--- MATERIAL SUPPLIED Enclosed Below ---
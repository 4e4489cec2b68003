// Why EAP-AKA' finds a request unproven: the fault of a request that cannot be read stands inside.
ghost use Rattle.std.specs.Prelude.{◌≡◌};
ghost use Rattle.aka.specs.declared.fault.AkaFault.TheVariants.{InRequest};
ghost use Rattle.aka.specs.Faults.{number_of, place_of};

use attributes::RequestFault;
use nas::MethodFault;

// The place is that of an attribute in the packet.
#[derive(Clone, Copy, Debug, PartialEq, Eq)]
pub enum AkaFault {
    InRequest(RequestFault),
    // A block is held, or the permanent identity is asked for.
    IdentityRefused { at: u16 },
    // The first key derivation function is not the one of EAP-AKA'.
    WrongKdf { at: u16 },
    // The network's name is not that of the subscription.
    WrongNetwork { at: u16 },
    NoCard,
    // The AMF separation bit of AUTN is not set.
    NotSeparated { at: u16 },
    // The card does not accept the MAC of AUTN.
    WrongAutn { at: u16 },
    // The card has seen the sequence number of AUTN, or a higher one.
    StaleSequence { at: u16 },
    WrongMac { at: u16 },
}

impl From<RequestFault> for AkaFault {
    ghost from_gives = { λ f r. r ≡ InRequest f };

    fn from(f: RequestFault) -> AkaFault {
        AkaFault::InRequest(f)
    }
}

impl MethodFault for AkaFault {
    ghost number = { number_of };

    ghost place = { place_of };

    fn number(&self) -> u8 {
        match self {
            AkaFault::InRequest(fault) => fault.number(),
            AkaFault::IdentityRefused { .. } => 25,
            AkaFault::WrongKdf { .. } => 26,
            AkaFault::WrongNetwork { .. } => 27,
            AkaFault::NoCard => 28,
            AkaFault::NotSeparated { .. } => 29,
            AkaFault::WrongAutn { .. } => 30,
            AkaFault::StaleSequence { .. } => 31,
            AkaFault::WrongMac { .. } => 32,
        }
    }

    fn place(&self) -> u16 {
        match self {
            AkaFault::InRequest(fault) => fault.place(),
            AkaFault::NoCard => 0,
            AkaFault::IdentityRefused { at }
            | AkaFault::WrongKdf { at }
            | AkaFault::WrongNetwork { at }
            | AkaFault::NotSeparated { at }
            | AkaFault::WrongAutn { at }
            | AkaFault::StaleSequence { at }
            | AkaFault::WrongMac { at } => *at,
        }
    }
}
--- End of Enclosed MATERIAL SUPPLIED ---
• REQUIRED WORK: Word for word, set down the lines from the beginning of the records through the line that holds "in the packet.". Leave out the rest.

• EXERCISE OUTPUT:
repository 4e4489cec2b68003
// Why EAP-AKA' finds a request unproven: the fault of a request that cannot be read stands inside.
ghost use Rattle.std.specs.Prelude.{◌≡◌};
ghost use Rattle.aka.specs.declared.fault.AkaFault.TheVariants.{InRequest};
ghost use Rattle.aka.specs.Faults.{number_of, place_of};

use attributes::RequestFault;
use nas::MethodFault;

// The place is that of an attribute in the packet.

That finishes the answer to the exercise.